#### [Exercise description]
Among the entries below, one line contains "result ≡ can_apply_term" and another contains "of that length.". Transcribe those two lines and every line between them, exactly.

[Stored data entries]

┌──

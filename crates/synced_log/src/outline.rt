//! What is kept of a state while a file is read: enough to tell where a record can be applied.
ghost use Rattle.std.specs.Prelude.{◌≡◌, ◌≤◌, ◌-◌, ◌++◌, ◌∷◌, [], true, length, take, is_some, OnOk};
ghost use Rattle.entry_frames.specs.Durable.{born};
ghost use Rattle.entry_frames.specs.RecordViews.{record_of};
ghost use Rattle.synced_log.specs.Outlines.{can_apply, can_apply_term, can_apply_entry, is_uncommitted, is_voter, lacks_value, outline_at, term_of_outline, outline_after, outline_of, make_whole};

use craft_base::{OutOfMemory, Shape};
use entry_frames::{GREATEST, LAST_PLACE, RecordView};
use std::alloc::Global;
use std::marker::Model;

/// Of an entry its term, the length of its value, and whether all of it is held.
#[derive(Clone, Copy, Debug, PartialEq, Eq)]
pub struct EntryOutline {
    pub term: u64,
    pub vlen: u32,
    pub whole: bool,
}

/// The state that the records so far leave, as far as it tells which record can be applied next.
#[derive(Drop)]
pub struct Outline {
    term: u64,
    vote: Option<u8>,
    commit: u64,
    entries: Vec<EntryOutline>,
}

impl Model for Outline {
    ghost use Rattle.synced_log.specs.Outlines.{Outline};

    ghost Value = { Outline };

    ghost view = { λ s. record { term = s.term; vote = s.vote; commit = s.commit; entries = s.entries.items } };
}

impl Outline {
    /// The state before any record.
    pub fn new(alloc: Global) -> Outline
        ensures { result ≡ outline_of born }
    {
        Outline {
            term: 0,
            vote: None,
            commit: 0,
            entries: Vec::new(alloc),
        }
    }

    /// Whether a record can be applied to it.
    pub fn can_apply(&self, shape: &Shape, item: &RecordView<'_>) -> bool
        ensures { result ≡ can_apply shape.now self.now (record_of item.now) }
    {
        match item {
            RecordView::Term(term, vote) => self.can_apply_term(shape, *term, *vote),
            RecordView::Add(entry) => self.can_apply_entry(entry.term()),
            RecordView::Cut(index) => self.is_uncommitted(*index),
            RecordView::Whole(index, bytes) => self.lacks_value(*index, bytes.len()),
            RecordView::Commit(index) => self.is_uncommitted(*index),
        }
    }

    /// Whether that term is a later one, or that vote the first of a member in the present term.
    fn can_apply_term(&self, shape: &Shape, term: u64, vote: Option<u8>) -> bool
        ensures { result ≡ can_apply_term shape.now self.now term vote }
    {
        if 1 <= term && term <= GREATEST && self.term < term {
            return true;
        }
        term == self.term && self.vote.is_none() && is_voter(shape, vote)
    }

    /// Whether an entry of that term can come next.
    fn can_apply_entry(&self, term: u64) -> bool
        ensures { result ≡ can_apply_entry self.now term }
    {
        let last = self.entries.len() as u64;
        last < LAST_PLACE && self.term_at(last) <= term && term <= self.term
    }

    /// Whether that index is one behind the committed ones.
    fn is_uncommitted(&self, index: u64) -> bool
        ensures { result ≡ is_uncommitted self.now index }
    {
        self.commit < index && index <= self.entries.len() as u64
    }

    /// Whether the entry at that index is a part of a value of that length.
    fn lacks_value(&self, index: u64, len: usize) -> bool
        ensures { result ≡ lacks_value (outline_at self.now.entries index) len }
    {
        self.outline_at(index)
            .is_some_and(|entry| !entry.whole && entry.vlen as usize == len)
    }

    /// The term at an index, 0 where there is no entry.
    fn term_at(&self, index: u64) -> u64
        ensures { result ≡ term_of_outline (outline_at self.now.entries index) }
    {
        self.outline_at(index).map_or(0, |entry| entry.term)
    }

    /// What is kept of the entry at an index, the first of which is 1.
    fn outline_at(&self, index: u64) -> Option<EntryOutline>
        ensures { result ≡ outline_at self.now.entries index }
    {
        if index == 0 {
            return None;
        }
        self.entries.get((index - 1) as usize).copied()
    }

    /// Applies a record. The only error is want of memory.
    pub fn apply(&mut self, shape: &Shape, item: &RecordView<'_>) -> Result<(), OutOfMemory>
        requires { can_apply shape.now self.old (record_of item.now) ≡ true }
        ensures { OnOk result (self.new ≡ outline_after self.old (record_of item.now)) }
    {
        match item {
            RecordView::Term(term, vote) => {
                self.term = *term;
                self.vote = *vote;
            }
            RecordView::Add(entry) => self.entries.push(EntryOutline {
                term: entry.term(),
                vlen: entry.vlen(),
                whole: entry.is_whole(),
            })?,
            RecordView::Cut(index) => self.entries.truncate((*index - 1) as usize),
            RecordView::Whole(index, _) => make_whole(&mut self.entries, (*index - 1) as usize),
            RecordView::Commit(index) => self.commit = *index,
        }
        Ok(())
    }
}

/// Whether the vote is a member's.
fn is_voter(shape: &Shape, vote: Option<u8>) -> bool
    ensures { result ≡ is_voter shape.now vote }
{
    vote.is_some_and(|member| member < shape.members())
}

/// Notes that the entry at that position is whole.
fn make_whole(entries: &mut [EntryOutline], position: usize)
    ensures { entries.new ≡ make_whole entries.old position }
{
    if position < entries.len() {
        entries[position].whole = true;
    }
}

└──
┌──

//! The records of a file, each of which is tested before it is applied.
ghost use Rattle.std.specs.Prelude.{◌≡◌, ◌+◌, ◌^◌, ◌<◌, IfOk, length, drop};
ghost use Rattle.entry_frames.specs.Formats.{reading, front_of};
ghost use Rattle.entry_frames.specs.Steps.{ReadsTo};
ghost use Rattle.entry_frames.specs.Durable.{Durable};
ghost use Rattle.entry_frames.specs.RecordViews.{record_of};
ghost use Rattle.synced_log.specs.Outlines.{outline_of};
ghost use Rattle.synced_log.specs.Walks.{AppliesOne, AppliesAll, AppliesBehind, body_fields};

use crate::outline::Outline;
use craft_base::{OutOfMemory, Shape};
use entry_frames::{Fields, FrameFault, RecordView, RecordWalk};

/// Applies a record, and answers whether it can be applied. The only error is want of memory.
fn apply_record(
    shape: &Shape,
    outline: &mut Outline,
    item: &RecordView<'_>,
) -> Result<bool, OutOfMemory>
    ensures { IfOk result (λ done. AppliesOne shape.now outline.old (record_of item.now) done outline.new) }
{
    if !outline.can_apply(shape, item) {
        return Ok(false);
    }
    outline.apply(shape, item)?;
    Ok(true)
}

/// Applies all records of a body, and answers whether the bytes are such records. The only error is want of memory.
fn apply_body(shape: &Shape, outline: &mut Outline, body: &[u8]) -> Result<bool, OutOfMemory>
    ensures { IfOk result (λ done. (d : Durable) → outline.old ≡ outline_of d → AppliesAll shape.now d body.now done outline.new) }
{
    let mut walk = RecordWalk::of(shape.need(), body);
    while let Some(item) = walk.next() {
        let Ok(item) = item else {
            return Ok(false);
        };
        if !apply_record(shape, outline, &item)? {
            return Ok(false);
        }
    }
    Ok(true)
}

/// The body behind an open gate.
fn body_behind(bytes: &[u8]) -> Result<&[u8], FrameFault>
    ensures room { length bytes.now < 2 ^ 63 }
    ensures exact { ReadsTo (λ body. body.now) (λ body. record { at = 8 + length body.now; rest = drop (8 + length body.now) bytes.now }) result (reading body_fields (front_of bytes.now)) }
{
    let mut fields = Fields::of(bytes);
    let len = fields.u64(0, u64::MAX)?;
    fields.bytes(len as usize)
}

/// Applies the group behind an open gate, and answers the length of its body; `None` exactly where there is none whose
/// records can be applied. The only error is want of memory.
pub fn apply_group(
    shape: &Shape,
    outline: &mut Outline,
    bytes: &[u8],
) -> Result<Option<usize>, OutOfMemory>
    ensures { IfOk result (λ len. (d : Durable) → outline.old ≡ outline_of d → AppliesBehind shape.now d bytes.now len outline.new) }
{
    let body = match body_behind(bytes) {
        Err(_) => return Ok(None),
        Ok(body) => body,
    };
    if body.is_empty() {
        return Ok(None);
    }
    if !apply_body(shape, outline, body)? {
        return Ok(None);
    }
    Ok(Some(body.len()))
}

└──
┌──

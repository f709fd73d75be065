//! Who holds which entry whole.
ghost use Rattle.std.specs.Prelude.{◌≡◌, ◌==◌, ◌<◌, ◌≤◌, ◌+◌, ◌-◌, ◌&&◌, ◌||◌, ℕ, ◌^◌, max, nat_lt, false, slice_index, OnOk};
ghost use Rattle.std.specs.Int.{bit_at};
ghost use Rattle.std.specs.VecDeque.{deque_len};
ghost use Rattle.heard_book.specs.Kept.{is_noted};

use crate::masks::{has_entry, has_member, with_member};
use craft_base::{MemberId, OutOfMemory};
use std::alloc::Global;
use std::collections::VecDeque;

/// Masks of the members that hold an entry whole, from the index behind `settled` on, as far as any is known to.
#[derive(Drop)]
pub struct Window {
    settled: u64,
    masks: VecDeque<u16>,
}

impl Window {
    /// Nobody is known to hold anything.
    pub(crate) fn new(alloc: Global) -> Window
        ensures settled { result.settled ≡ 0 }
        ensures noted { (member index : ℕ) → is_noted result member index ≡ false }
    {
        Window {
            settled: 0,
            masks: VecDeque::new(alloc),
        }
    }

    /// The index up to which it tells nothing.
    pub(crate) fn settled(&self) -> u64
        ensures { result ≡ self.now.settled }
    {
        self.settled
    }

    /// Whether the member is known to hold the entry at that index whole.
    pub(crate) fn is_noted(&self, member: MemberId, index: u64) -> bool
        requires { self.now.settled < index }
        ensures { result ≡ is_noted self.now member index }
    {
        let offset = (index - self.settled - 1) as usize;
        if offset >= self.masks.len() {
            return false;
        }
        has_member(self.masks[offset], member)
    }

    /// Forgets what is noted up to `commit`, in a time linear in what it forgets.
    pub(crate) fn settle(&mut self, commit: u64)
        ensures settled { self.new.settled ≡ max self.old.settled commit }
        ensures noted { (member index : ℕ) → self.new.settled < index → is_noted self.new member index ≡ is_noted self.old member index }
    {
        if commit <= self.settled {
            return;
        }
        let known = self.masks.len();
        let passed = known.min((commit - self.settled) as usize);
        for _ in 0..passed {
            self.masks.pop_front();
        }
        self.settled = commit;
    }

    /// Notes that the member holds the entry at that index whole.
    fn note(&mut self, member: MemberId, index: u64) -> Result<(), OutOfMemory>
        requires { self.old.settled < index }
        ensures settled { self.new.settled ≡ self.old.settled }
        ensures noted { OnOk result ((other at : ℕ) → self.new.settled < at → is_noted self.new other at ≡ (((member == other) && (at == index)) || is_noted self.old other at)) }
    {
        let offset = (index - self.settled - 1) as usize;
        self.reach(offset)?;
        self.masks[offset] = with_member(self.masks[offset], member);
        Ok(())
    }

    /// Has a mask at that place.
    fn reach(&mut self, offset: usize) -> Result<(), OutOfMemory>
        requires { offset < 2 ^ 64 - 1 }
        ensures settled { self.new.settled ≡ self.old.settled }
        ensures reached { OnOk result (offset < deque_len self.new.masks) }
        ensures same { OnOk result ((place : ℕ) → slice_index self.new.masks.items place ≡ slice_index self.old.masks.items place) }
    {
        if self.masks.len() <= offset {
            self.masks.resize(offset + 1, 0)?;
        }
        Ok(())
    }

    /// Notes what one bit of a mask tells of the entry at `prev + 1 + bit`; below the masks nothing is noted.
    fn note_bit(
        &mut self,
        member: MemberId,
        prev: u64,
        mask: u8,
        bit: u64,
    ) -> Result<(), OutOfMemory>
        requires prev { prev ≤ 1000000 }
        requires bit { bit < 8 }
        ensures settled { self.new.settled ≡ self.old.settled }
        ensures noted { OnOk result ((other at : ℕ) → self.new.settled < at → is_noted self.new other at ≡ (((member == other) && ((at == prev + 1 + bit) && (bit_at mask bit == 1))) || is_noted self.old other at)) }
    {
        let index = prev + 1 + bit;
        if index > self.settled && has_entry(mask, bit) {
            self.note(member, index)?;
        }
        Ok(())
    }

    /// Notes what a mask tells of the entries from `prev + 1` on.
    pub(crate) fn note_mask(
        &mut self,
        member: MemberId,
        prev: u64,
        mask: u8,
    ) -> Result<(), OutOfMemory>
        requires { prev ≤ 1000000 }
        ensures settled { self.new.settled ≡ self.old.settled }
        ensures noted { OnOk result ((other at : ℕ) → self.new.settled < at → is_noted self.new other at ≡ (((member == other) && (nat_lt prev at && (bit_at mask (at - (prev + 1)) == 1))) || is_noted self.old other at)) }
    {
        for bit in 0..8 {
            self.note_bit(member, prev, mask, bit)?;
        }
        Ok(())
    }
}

└──

#### [Written answer]
        ensures { result ≡ can_apply_term shape.now self.now term vote }
    {
        if 1 <= term && term <= GREATEST && self.term < term {
            return true;
        }
        term == self.term && self.vote.is_none() && is_voter(shape, vote)
    }

    /// Whether an entry of that term can come next.
    fn can_apply_entry(&self, term: u64) -> bool
        ensures { result ≡ can_apply_entry self.now term }
    {
        let last = self.entries.len() as u64;
        last < LAST_PLACE && self.term_at(last) <= term && term <= self.term
    }

    /// Whether that index is one behind the committed ones.
    fn is_uncommitted(&self, index: u64) -> bool
        ensures { result ≡ is_uncommitted self.now index }
    {
        self.commit < index && index <= self.entries.len() as u64
    }

    /// Whether the entry at that index is a part of a value of that length.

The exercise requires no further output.